- [REQUIREMENT] Go through the entries below and count the lines where "usize" occurs. Give nothing but that number.

- [SOURCE INFORMATION]
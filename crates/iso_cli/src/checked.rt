//! Tables of the seven kinds that the check accepts.

ghost use Rattle.std.specs.Prelude.{◌≡◌, IfOk, IfErr};
ghost use Rattle.iso_model.specs.Acceptance.{IsAccepted};
ghost use Rattle.iso_model.specs.Tables.{IsTable};
ghost use Rattle.table_file.specs.Reading.{HasOwnDimension, table_in};
ghost use Rattle.iso_cli.specs.Checked.{IsRefusalOf, checked_in};

use crate::status::Status;
use crate::workers::{PARTS, Workers};
use cell_lattice::{Cell, CubeCell, Kind, PyramidCell, SimplexCell};
use iso_base::Gate;
use std::thread::Threads;
use table_check::{CertifyFault, Checked, certify_parts};
use table_file::{AnyTable, Table};

/// A table that the check accepts, by the cells of its kind.
#[derive(Drop)]
pub enum CheckedTable {
    Squares(Checked<CubeCell<2>, 2>),
    Triangles(Checked<SimplexCell<2>, 2>),
    Cubes(Checked<CubeCell<3>, 3>),
    Tetrahedra(Checked<SimplexCell<3>, 3>),
    Pyramids(Checked<PyramidCell, 3>),
    Hypercubes(Checked<CubeCell<4>, 4>),
    Pentachora(Checked<SimplexCell<4>, 4>),
}

/// The dimension of a table's cells.
pub fn dimension(table: &CheckedTable) -> u8
    ensures { result ≡ (checked_in table.now).dimension }
{
    match table {
        CheckedTable::Squares(table) => dimension_of(table),
        CheckedTable::Triangles(table) => dimension_of(table),
        CheckedTable::Cubes(table) => dimension_of(table),
        CheckedTable::Tetrahedra(table) => dimension_of(table),
        CheckedTable::Pyramids(table) => dimension_of(table),
        CheckedTable::Hypercubes(table) => dimension_of(table),
        CheckedTable::Pentachora(table) => dimension_of(table),
    }
}

fn dimension_of<C: Cell<D>, const D: usize>(table: &Checked<C, D>) -> u8
    ensures { result ≡ table.now.dimension }
{
    // That the dimension is D is known from here on.
    let _ = table.table();
    D as u8
}

/// The table, if the check accepts it.
pub fn certify_any<R: Threads + Sync, G: Gate + Sync>(
    workers: &Workers<R, G>,
    table: AnyTable,
) -> Result<CheckedTable, Status>
    ensures same { IfOk result (λ checked. checked_in checked ≡ table_in table) }
    ensures whole { IfOk result (λ checked. IsTable (checked_in checked)) }
    ensures accepted { IfOk result (λ checked. IsAccepted (checked_in checked)) }
    ensures refused { IfErr result (IsRefusalOf (table_in table)) }
{
    match table {
        AnyTable::T2(table) => certify_plane(workers, table),
        AnyTable::T3(table) => certify_space(workers, table),
        AnyTable::T4(table) => certify_hyperspace(workers, table),
    }
}

fn certify_plane<R: Threads + Sync, G: Gate + Sync>(
    workers: &Workers<R, G>,
    table: Table<2>,
) -> Result<CheckedTable, Status>
    ensures same { IfOk result (λ checked. checked_in checked ≡ table) }
    ensures whole { IfOk result (λ checked. IsTable (checked_in checked)) }
    ensures accepted { IfOk result (λ checked. IsAccepted (checked_in checked)) }
    ensures refused { IfErr result (IsRefusalOf table) }
{
    match table.kind() {
        Kind::Cube => Ok(CheckedTable::Squares(certified(workers, table)?)),
        Kind::Simplex => Ok(CheckedTable::Triangles(certified(workers, table)?)),
        Kind::Pyramid => unreachable!(),
    }
}

fn certify_space<R: Threads + Sync, G: Gate + Sync>(
    workers: &Workers<R, G>,
    table: Table<3>,
) -> Result<CheckedTable, Status>
    ensures same { IfOk result (λ checked. checked_in checked ≡ table) }
    ensures whole { IfOk result (λ checked. IsTable (checked_in checked)) }
    ensures accepted { IfOk result (λ checked. IsAccepted (checked_in checked)) }
    ensures refused { IfErr result (IsRefusalOf table) }
{
    match table.kind() {
        Kind::Cube => Ok(CheckedTable::Cubes(certified(workers, table)?)),
        Kind::Simplex => Ok(CheckedTable::Tetrahedra(certified(workers, table)?)),
        Kind::Pyramid => Ok(CheckedTable::Pyramids(certified(workers, table)?)),
    }
}

fn certify_hyperspace<R: Threads + Sync, G: Gate + Sync>(
    workers: &Workers<R, G>,
    table: Table<4>,
) -> Result<CheckedTable, Status>
    ensures same { IfOk result (λ checked. checked_in checked ≡ table) }
    ensures whole { IfOk result (λ checked. IsTable (checked_in checked)) }
    ensures accepted { IfOk result (λ checked. IsAccepted (checked_in checked)) }
    ensures refused { IfErr result (IsRefusalOf table) }
{
    match table.kind() {
        Kind::Cube => Ok(CheckedTable::Hypercubes(certified(workers, table)?)),
        Kind::Simplex => Ok(CheckedTable::Pentachora(certified(workers, table)?)),
        Kind::Pyramid => unreachable!(),
    }
}

/// The table, if the check accepts it, where its cells are known.
pub fn certified<R: Threads + Sync, C: Cell<D> + Sync, const D: usize, G: Gate + Sync>(
    workers: &Workers<R, G>,
    table: Table<D>,
) -> Result<Checked<C, D>, Status>
    requires { table.kind ≡ C.KIND }
    ensures same { IfOk result (λ checked. checked ≡ table.entry) }
    ensures whole { IfOk result IsTable }
    ensures accepted { IfOk result IsAccepted }
    ensures refused { IfErr result (IsRefusalOf table.entry) }
{
    match certify_parts::<R, C, D, G>(workers.rt, workers.alloc, table, PARTS, workers.gate) {
        Ok(checked) => {
            // That it is accepted is known from here on.
            let _ = checked.table();
            Ok(checked)
        }
        Err(CertifyFault::Refused { label, rule, .. }) => {
            Err(Status::TableRefused { label, rule })
        }
        Err(CertifyFault::Memory { .. }) => Err(Status::Memory),
    }
}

- [WRITTEN REPLY] 2